Improving identification alone is insufficient without parallel capacity to pursue justice. Despite broad international commitments – including the UN Convention against Transnational Organized Crime and its Protocols – significant disparities persist in national offence definitions, evidentiary standards, victim-protection frameworks, cross-border cooperation, and prosecutorial capacities. Smuggling and trafficking networks operate fluidly across jurisdictions, while legal and institutional responses remain too often compartmentalised and bound to national contexts only.

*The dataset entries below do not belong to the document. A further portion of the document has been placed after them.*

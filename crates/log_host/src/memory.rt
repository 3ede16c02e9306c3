//! A log in memory, for trials of what fails.

ghost use Rattle.std.specs.Prelude.{◌≡◌, ◌⊎◌, true, false, [], ◌∷◌, ◌++◌, None, Some, IfErr, IfOk, OnErr, OnOk, map, option_map};
ghost use Rattle.std.specs.Io.KnownBytes.{Appends};
ghost use Rattle.line_text.specs.Writing.{WrittenInPart};
ghost use Rattle.log_host.specs.Acts.{Adds, AddsPart, TellsPart, synced, told, wrote};
ghost use Rattle.log_host.specs.Memory.{acts_of, burns, bytes_in, later, replaced_of};

use crate::host::{HostFault, LogFiles, LogHost, OpenFault};
use line_text::{LineFault, Output};
use std::alloc::Global;
use std::io::Write;
use std::mem;

/// What a log in memory did.
#[derive(Drop)]
pub enum Did {
    Wrote(Vec<u8>),
    Synced,
    Told(Vec<u8>),
}

/// A log in memory that was replaced: the checkpoint on which it went on, what it began with, and what it did.
#[derive(Drop)]
pub struct OldLog {
    pub point: Option<Vec<u8>>,
    pub begun: Option<Vec<u8>>,
    pub did: Vec<Did>,
}

/// Which call fails, counted from 1, and how many of its bytes are done before; 0 is no call. A switch that fails has done nothing
/// where that is 0, and placed the checkpoint otherwise.
#[derive(Clone, Copy, Debug)]
pub struct Fuse {
    pub calls: u64,
    pub part: usize,
}

impl Fuse {
    /// Whether this call fails.
    fn burns(&mut self) -> bool
        ensures burns { result ≡ burns self.old }
        ensures later { self.new ≡ later self.old }
    {
        if self.calls == 0 {
            return false;
        }
        self.calls -= 1;
        self.calls == 0
    }
}

/// A log that begins with some bytes on the disk, or isn't there, and notes what it is asked; a checkpoint, if there is one; and the
/// logs that were replaced. Of its calls one fails where the fuse burns; and one where memory is refused, which is noted too.
#[derive(Drop)]
pub struct MemoryLog {
    pub alloc: Global,
    pub point: Option<Vec<u8>>,
    pub begun: Option<Vec<u8>>,
    pub did: Vec<Did>,
    pub replaced: Vec<OldLog>,
    pub fuse: Fuse,
    pub failed: bool,
    pub refused: bool,
}

impl MemoryLog {
    /// Holds the bytes, has no checkpoint, and has done nothing.
    pub fn new(alloc: Global, begun: Option<Vec<u8>>, fuse: Fuse) -> MemoryLog
        ensures begun { result.begun ≡ begun }
        ensures did { result.did.items ≡ [] }
        ensures past { (result.point ≡ None) × (result.replaced.items ≡ []) }
        ensures fuse { result.fuse ≡ fuse }
        ensures failed { (result.failed ≡ false) × (result.refused ≡ false) }
    {
        MemoryLog {
            alloc,
            point: None,
            begun,
            did: Vec::new(alloc),
            replaced: Vec::new(alloc),
            fuse,
            failed: false,
            refused: false,
        }
    }

    /// Notes that a call failed.
    fn fail(&mut self) -> HostFault
        ensures { self.new ≡ record self.old { failed = true } }
    {
        self.failed = true;
        HostFault
    }

    /// Notes what was done.
    fn note(&mut self, did: Did) -> Result<(), HostFault>
        ensures begun { self.new.begun ≡ self.old.begun }
        ensures past { (self.new.point ≡ self.old.point) × (self.new.replaced ≡ self.old.replaced) }
        ensures fuse { self.new.fuse ≡ self.old.fuse }
        ensures ok { OnOk result (self.new.did.items ≡ self.old.did.items ++ did ∷ []) }
        ensures unfailed { OnOk result ((self.new.failed ≡ self.old.failed) × (self.new.refused ≡ self.old.refused)) }
        ensures err { OnErr result (self.new.did.items ≡ self.old.did.items) }
        ensures failed { OnErr result ((self.new.failed ≡ true) × (self.new.refused ≡ true)) }
    {
        if self.did.push(did).is_err() {
            self.refused = true;
            return Err(self.fail());
        }
        Ok(())
    }

    /// A copy of the bytes.
    fn copied(&mut self, bytes: &[u8]) -> Result<Vec<u8>, HostFault>
        ensures ok { IfOk result (λ copy. (copy.items ≡ bytes.now) × (self.new ≡ self.old)) }
        ensures err { OnErr result (self.new ≡ record self.old { failed = true; refused = true }) }
    {
        match Vec::from_slice(self.alloc, bytes) {
            Ok(copy) => Ok(copy),
            Err(_) => {
                self.refused = true;
                Err(self.fail())
            }
        }
    }

    /// Notes that the bytes were written.
    fn wrote(&mut self, bytes: &[u8]) -> Result<(), HostFault>
        ensures begun { self.new.begun ≡ self.old.begun }
        ensures past { (self.new.point ≡ self.old.point) × (self.new.replaced ≡ self.old.replaced) }
        ensures fuse { self.new.fuse ≡ self.old.fuse }
        ensures ok { OnOk result (acts_of self.new.did.items ≡ acts_of self.old.did.items ++ wrote bytes.now ∷ []) }
        ensures unfailed { OnOk result ((self.new.failed ≡ self.old.failed) × (self.new.refused ≡ self.old.refused)) }
        ensures err { OnErr result (self.new.did.items ≡ self.old.did.items) }
        ensures failed { OnErr result ((self.new.failed ≡ true) × (self.new.refused ≡ true)) }
    {
        let copy = self.copied(bytes)?;
        self.note(Did::Wrote(copy))
    }

    /// Notes that the bytes went out as replies.
    fn told(&mut self, bytes: &[u8]) -> Result<(), HostFault>
        ensures begun { self.new.begun ≡ self.old.begun }
        ensures past { (self.new.point ≡ self.old.point) × (self.new.replaced ≡ self.old.replaced) }
        ensures fuse { self.new.fuse ≡ self.old.fuse }
        ensures ok { OnOk result (acts_of self.new.did.items ≡ acts_of self.old.did.items ++ told bytes.now ∷ []) }
        ensures unfailed { OnOk result ((self.new.failed ≡ self.old.failed) × (self.new.refused ≡ self.old.refused)) }
        ensures err { OnErr result (self.new.did.items ≡ self.old.did.items) }
        ensures failed { OnErr result ((self.new.failed ≡ true) × (self.new.refused ≡ true)) }
    {
        let copy = self.copied(bytes)?;
        self.note(Did::Told(copy))
    }
}

/// A copy of the bytes, if there are any.
fn copy_of(alloc: Global, bytes: &Option<Vec<u8>>) -> Result<Option<Vec<u8>>, OpenFault>
    ensures copy { IfOk result (λ copy. option_map bytes_in copy ≡ option_map bytes_in bytes.now) }
    ensures fault { IfErr result (λ why. why ≡ OpenFault.Memory) }
{
    let Some(bytes) = bytes else {
        return Ok(None);
    };
    match Vec::from_slice(alloc, bytes.as_slice()) {
        Ok(copy) => Ok(Some(copy)),
        Err(_) => Err(OpenFault::Memory),
    }
}

/// Writes all of the bytes to the output, and lets them out.
#[tactic(auto, using(crate::proofs::Known::all_written))]
fn write_out<W: Write>(output: &mut Output<W>, bytes: &[u8]) -> Result<(), LineFault>
    ensures ok { OnOk result (Appends (W.contents output.old.writer) (W.contents output.new.writer) bytes.now) }
    ensures err { OnErr result (WrittenInPart (W.contents output.old.writer) (W.contents output.new.writer) bytes.now) }
    ensures unfailed { OnOk result (output.new.calls.failed ≡ output.old.calls.failed) }
    ensures out { OnOk result (output.new.calls.held ≡ false) }
    ensures failed { OnErr result (output.new.calls.failed ≡ true) }
{
    output.write_whole(bytes)?;
    output.flush()
}

impl LogHost for MemoryLog {
    ghost begun = { λ log. option_map bytes_in log.begun };

    ghost acts = { λ log. Some (acts_of log.did.items) };

    ghost past = { λ log. record { point = option_map bytes_in log.point; logs = map replaced_of log.replaced.items } };

    ghost failed = { λ log. log.failed };

    fn append(&mut self, bytes: &[u8]) -> Result<(), HostFault>
        ensures begun { self.new.begun ≡ self.old.begun }
        ensures past { (self.new.point ≡ self.old.point) × (self.new.replaced ≡ self.old.replaced) }
        ensures ok { OnOk result (Adds (Some (acts_of self.old.did.items)) (Some (acts_of self.new.did.items)) (wrote bytes.now ∷ [])) }
        ensures err { OnErr result (AddsPart (Some (acts_of self.old.did.items)) (Some (acts_of self.new.did.items)) wrote bytes.now) }
        ensures unfailed { OnOk result (self.new.failed ≡ self.old.failed) }
        ensures failed { OnErr result (self.new.failed ≡ true) }

        // It fails where the fuse burns, and otherwise only where memory is refused.
        ensures fuse { self.new.fuse ≡ later self.old.fuse }
        ensures lit { OnOk result (burns self.old.fuse ≡ false) }
        ensures cause { OnErr result ((burns self.old.fuse ≡ true) ⊎ (self.new.refused ≡ true)) }
    {
        if self.fuse.burns() {
            self.wrote(&bytes[..bytes.len().min(self.fuse.part)])?;
            return Err(self.fail());
        }
        self.wrote(bytes)
    }

    fn sync(&mut self) -> Result<(), HostFault>
        ensures begun { self.new.begun ≡ self.old.begun }
        ensures past { (self.new.point ≡ self.old.point) × (self.new.replaced ≡ self.old.replaced) }
        ensures ok { OnOk result (Adds (Some (acts_of self.old.did.items)) (Some (acts_of self.new.did.items)) (synced ∷ [])) }
        ensures err { OnErr result (Adds (Some (acts_of self.old.did.items)) (Some (acts_of self.new.did.items)) []) }
        ensures unfailed { OnOk result (self.new.failed ≡ self.old.failed) }
        ensures failed { OnErr result (self.new.failed ≡ true) }

        // It fails where the fuse burns, and otherwise only where memory is refused.
        ensures fuse { self.new.fuse ≡ later self.old.fuse }
        ensures lit { OnOk result (burns self.old.fuse ≡ false) }
        ensures cause { OnErr result ((burns self.old.fuse ≡ true) ⊎ (self.new.refused ≡ true)) }
    {
        if self.fuse.burns() {
            return Err(self.fail());
        }
        self.note(Did::Synced)
    }

    fn tell<W: Write>(&mut self, output: &mut Output<W>, bytes: &[u8]) -> Result<(), HostFault>
        ensures begun { self.new.begun ≡ self.old.begun }
        ensures past { (self.new.point ≡ self.old.point) × (self.new.replaced ≡ self.old.replaced) }
        ensures ok { OnOk result (Adds (Some (acts_of self.old.did.items)) (Some (acts_of self.new.did.items)) (told bytes.now ∷ [])) }
        ensures written { OnOk result (Appends (W.contents output.old.writer) (W.contents output.new.writer) bytes.now) }
        ensures err { OnErr result (TellsPart (Some (acts_of self.old.did.items)) (Some (acts_of self.new.did.items))
            (W.contents output.old.writer) (W.contents output.new.writer) bytes.now) }
        ensures unfailed { OnOk result (self.new.failed ≡ self.old.failed) }
        ensures output { OnOk result (output.new.calls.failed ≡ output.old.calls.failed) }
        ensures out { OnOk result (output.new.calls.held ≡ false) }
        ensures failed { OnErr result (self.new.failed ≡ true) }

        // It fails where the fuse burns, and otherwise only where memory is refused or a call of the output fails.
        ensures fuse { self.new.fuse ≡ later self.old.fuse }
        ensures lit { OnOk result (burns self.old.fuse ≡ false) }
        ensures cause { OnErr result ((burns self.old.fuse ≡ true) ⊎ ((self.new.refused ≡ true) ⊎ (output.new.calls.failed ≡ true))) }
    {
        if self.fuse.burns() {
            let some = &bytes[..bytes.len().min(self.fuse.part)];
            self.told(some)?;
            let _ = output.write_whole(some);
            return Err(self.fail());
        }
        self.told(bytes)?;
        if let Err(_) = write_out(output, bytes) {
            return Err(self.fail());
        }
        Ok(())
    }
}

impl LogFiles for MemoryLog {
    fn open(&mut self, alloc: Global, _path: &str) -> Result<Option<Vec<u8>>, OpenFault> {
        if self.fuse.burns() {
            self.failed = true;
            return Err(OpenFault::Read);
        }
        copy_of(alloc, &self.begun)
    }

    fn begin(&mut self, head: &[u8]) -> Result<(), HostFault> {
        if self.fuse.burns() {
            return Err(self.fail());
        }
        let copy = self.copied(head)?;
        self.begun = Some(copy);
        Ok(())
    }

    fn keep(&mut self, length: usize) -> Result<(), HostFault> {
        if self.fuse.burns() {
            return Err(self.fail());
        }
        if let Some(bytes) = &mut self.begun {
            bytes.truncate(length);
        }
        Ok(())
    }

    fn checkpoint(&mut self, alloc: Global) -> Result<Option<Vec<u8>>, OpenFault> {
        if self.fuse.burns() {
            self.failed = true;
            return Err(OpenFault::Read);
        }
        copy_of(alloc, &self.point)
    }

    fn switch(&mut self, checkpoint: &[u8], head: &[u8]) -> Result<(), HostFault> {
        let point = self.copied(checkpoint)?;
        let begun = self.copied(head)?;
        if self.replaced.reserve(1).is_err() {
            self.refused = true;
            return Err(self.fail());
        }
        if self.fuse.burns() {
            if self.fuse.part > 0 {
                self.point = Some(point);
            }
            return Err(self.fail());
        }
        let old = OldLog {
            point: self.point.replace(point),
            begun: self.begun.replace(begun),
            did: mem::replace(&mut self.did, Vec::new(self.alloc)),
        };
        self.replaced.push_reserved(old);
        Ok(())
    }
}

While accountability remains the cornerstone of deterring and preventing reoffending, this fragmentation creates zones of operational impunity that criminal groups readily exploit. A lack of accountability does more than leave past abuses unaddressed; it increases the propensity of networks to re-engage in exploitation by signalling lack of institutional capacity or momentum. When successful prosecution rates are low, the cost-benefit ratio tilts in favour of re-engagement, and the likelihood of criminal network expansion increases.

An effective response to migrant smuggling and trafficking requires two sides of the same coin: robust law-enforcement action targeting criminal masterminds and financial structures, alongside sustained protection measures that reduce vulnerabilities and enable victims’ safe participation in justice processes. Neglecting either dimension entrenches cycles of exploitation. When protection and law enforcement work in tandem, criminal incentives weaken, victim trust in institutions increases; eroding the broader ecosystem that sustains smuggling and trafficking.

 

About the author

Solène Jolly is Project Officer for the Rabat Process. Solène has over a decade of legal and policy experience in international human rights and refugee law, migration and border governance, and disarmament. Previously, she served as Human Rights Officer for the UN High Commissioner for Human Rights (OHCHR), advising on European and North African human-rights-based approaches to migration and border governance. She also led capacity-building events for States Parties and advised on treaty implementation. at the Organisation for the Prohibition of Chemical Weapons (OPCW); and served as a Negotiator Adviser at the French Ministry for Europe and Foreign Affairs, focusing on the reform of the Common European Asylum System, the EU Pact on Migration and Asylum, and EU approaches to rescue and disembarkation at sea.

¹ Smuggling involves facilitating irregular entry in exchange for financial or material gain, while trafficking centres on the exploitation of individuals through coercion, deception, force, or abuse of vulnerability.